> [Task item]: Every line of the data that contains the string "each" must be copied.

> [Recorded data]:
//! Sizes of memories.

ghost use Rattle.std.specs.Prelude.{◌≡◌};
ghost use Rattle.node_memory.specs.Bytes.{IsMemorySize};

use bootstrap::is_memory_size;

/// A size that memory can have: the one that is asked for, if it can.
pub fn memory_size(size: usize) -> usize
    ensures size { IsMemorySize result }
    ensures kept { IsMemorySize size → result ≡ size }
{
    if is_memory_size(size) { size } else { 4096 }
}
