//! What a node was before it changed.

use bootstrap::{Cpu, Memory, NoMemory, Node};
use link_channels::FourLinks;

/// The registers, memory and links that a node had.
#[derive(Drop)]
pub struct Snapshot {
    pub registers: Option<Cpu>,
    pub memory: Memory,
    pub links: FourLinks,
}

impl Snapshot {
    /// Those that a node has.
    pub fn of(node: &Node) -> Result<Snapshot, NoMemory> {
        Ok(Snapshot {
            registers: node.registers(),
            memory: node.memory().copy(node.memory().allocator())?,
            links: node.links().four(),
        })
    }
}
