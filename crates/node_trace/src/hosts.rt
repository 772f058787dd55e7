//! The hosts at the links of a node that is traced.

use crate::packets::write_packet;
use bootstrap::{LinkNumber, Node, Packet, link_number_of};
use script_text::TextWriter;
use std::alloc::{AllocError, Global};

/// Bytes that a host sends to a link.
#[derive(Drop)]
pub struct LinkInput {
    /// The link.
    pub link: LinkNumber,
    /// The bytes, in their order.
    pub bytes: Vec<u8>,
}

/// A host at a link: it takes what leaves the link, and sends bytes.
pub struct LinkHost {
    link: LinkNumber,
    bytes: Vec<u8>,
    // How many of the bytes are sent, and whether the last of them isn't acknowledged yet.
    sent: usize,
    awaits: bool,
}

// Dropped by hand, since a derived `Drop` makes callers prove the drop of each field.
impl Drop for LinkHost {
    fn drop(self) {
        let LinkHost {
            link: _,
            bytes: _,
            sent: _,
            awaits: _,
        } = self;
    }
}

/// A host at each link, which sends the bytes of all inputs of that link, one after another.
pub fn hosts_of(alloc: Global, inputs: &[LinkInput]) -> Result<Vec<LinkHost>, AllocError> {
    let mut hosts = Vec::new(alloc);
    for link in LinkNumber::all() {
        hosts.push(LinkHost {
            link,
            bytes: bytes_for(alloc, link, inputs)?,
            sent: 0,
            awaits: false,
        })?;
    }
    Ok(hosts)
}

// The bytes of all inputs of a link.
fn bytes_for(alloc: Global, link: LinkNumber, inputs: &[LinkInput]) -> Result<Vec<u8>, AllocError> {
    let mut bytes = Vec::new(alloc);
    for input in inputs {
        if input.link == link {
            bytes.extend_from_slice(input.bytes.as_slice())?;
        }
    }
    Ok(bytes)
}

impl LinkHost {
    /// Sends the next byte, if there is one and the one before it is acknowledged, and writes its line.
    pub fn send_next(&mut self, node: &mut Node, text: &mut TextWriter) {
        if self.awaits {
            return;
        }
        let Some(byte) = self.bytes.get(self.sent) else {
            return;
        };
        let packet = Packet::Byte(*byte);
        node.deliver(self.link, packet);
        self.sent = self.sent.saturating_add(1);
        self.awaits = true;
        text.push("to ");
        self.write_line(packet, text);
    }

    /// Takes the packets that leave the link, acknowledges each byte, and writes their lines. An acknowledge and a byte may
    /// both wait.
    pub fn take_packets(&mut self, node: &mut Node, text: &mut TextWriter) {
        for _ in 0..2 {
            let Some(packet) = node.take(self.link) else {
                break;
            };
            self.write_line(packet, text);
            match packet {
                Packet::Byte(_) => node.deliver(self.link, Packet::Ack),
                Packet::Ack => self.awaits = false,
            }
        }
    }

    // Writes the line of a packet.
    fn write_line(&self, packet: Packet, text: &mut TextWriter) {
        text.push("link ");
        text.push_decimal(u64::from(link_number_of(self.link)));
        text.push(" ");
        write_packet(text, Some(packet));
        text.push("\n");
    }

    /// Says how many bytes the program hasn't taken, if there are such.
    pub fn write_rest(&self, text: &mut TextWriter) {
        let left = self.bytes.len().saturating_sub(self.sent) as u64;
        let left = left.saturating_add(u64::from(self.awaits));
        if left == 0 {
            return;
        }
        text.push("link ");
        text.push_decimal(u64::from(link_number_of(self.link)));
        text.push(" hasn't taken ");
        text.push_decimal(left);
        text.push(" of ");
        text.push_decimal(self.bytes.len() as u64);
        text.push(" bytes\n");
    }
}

> [Reply to the exercise]:
// Dropped by hand, since a derived `Drop` makes callers prove the drop of each field.
/// A host at each link, which sends the bytes of all inputs of that link, one after another.
    /// Takes the packets that leave the link, acknowledges each byte, and writes their lines. An acknowledge and a byte may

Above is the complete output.